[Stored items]
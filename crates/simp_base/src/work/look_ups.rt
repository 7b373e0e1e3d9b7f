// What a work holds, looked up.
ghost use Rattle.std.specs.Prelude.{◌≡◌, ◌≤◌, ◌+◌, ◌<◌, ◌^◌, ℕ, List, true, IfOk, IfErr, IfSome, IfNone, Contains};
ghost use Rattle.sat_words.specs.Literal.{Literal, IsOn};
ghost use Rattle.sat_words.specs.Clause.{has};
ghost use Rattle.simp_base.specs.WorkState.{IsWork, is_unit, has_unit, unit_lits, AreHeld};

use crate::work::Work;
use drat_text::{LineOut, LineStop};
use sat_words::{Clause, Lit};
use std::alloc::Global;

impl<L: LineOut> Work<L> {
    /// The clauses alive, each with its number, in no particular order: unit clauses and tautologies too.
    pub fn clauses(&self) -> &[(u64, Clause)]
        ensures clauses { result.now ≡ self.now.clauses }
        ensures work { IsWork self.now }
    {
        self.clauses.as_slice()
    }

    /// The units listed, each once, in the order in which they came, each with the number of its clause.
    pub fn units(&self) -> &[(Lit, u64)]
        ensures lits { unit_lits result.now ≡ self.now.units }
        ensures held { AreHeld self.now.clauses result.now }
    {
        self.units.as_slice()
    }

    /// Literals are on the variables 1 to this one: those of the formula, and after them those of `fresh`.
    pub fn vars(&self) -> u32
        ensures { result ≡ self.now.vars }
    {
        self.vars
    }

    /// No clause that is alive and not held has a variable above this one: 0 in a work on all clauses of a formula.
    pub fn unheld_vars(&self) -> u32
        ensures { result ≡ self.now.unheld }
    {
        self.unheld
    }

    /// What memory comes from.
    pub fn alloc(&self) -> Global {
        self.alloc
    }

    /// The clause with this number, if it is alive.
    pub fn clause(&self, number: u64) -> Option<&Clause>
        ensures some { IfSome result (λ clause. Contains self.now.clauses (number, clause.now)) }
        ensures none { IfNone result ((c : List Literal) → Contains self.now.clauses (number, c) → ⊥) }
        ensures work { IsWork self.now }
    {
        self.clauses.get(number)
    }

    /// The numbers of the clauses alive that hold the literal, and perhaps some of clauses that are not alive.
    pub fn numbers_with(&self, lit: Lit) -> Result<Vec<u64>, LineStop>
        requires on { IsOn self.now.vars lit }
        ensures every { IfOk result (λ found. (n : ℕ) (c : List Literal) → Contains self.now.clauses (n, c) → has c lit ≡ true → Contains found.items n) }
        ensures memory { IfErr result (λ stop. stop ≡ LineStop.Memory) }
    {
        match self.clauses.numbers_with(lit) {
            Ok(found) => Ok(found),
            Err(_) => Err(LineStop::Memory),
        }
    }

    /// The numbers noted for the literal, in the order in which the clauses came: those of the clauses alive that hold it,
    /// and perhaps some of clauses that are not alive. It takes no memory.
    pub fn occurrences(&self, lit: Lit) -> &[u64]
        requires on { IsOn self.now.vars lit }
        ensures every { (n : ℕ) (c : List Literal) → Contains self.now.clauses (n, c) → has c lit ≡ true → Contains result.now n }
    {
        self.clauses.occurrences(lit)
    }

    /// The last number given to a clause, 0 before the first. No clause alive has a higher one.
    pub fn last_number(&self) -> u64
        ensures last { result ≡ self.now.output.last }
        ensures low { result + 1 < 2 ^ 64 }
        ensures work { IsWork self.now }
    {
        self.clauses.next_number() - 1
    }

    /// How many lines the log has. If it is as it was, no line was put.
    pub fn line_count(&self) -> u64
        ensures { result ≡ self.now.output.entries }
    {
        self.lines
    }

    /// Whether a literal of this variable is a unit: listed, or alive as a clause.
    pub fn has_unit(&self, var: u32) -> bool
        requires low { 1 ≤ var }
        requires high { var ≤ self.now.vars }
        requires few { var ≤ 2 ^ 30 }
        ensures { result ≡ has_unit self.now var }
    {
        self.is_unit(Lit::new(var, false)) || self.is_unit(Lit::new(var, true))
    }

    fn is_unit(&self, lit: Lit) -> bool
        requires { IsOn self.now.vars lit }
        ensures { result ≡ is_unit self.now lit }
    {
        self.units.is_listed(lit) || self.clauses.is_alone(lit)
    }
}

---

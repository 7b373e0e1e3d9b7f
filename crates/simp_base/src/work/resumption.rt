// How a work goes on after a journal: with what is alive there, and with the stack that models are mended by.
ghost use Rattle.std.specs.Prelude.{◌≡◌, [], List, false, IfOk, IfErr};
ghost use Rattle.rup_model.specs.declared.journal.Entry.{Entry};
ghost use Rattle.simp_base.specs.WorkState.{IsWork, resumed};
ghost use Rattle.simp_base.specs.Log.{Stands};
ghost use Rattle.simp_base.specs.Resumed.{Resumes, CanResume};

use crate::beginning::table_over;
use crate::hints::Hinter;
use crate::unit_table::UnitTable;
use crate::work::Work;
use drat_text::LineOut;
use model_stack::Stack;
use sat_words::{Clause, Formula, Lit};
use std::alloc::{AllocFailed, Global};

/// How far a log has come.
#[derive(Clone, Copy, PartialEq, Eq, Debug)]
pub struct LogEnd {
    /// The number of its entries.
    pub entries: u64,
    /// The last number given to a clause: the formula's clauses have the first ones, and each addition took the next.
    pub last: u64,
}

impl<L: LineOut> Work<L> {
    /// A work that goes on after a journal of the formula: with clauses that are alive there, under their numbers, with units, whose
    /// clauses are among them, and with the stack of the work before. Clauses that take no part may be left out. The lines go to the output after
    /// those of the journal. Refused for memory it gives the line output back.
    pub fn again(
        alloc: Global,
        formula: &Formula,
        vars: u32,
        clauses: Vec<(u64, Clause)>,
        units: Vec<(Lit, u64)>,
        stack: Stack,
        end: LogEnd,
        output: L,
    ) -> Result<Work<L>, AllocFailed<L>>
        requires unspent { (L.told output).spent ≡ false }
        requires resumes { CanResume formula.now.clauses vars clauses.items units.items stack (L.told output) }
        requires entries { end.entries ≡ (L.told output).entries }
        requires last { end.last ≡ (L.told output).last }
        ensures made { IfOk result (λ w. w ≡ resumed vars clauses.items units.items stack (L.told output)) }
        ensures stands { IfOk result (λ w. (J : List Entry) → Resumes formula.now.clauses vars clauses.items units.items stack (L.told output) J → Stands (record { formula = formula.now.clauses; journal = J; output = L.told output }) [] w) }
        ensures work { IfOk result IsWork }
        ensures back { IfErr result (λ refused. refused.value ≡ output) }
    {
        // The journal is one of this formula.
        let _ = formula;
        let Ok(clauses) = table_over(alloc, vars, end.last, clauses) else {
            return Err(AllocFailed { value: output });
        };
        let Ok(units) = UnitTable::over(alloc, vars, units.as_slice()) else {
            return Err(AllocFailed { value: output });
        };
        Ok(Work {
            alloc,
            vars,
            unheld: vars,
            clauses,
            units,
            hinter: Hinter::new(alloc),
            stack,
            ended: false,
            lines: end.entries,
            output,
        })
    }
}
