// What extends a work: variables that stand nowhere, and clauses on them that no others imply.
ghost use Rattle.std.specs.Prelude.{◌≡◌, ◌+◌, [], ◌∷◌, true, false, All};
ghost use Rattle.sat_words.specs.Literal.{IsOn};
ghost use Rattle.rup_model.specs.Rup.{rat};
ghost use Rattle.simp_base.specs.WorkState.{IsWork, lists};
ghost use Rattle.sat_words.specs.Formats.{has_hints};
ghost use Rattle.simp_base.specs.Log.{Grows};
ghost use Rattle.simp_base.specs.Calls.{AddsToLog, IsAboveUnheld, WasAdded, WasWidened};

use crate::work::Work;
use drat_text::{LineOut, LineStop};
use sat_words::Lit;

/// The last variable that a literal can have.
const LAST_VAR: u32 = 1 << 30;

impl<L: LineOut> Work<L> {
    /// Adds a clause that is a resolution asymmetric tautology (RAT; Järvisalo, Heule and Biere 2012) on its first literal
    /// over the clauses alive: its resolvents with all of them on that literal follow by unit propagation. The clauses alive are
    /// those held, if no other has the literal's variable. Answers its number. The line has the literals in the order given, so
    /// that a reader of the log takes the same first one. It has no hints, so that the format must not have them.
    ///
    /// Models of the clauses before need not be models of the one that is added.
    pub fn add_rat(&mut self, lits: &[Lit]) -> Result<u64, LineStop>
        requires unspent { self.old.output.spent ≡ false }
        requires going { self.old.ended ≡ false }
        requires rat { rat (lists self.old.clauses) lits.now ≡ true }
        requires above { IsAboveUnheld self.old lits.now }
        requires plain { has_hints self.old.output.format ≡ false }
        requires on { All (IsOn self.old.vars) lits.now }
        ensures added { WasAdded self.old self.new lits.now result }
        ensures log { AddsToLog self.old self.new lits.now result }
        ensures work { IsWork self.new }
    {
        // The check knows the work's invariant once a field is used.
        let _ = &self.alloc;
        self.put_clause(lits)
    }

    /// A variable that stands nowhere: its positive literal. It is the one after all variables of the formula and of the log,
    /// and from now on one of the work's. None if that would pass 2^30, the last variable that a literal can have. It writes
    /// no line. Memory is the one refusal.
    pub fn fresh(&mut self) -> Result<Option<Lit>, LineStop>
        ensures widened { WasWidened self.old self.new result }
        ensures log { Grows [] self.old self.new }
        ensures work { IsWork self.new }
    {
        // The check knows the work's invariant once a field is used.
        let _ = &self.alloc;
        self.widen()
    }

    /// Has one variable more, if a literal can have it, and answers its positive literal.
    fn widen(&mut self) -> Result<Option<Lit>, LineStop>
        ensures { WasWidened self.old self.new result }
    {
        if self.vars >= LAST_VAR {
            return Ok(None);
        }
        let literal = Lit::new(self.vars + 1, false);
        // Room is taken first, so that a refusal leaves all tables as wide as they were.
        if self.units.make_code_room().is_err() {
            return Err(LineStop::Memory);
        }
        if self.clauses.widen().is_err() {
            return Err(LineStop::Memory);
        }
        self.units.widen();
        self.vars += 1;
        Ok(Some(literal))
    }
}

- [What you will do]:
Wherever a line in the data above contains the word "entries", copy that line.

- [Response below]:
        ensures { result ≡ self.now.output.entries }
    /// The number of its entries.
    pub entries: u64,
        requires entries { end.entries ≡ (L.told output).entries }
            lines: end.entries,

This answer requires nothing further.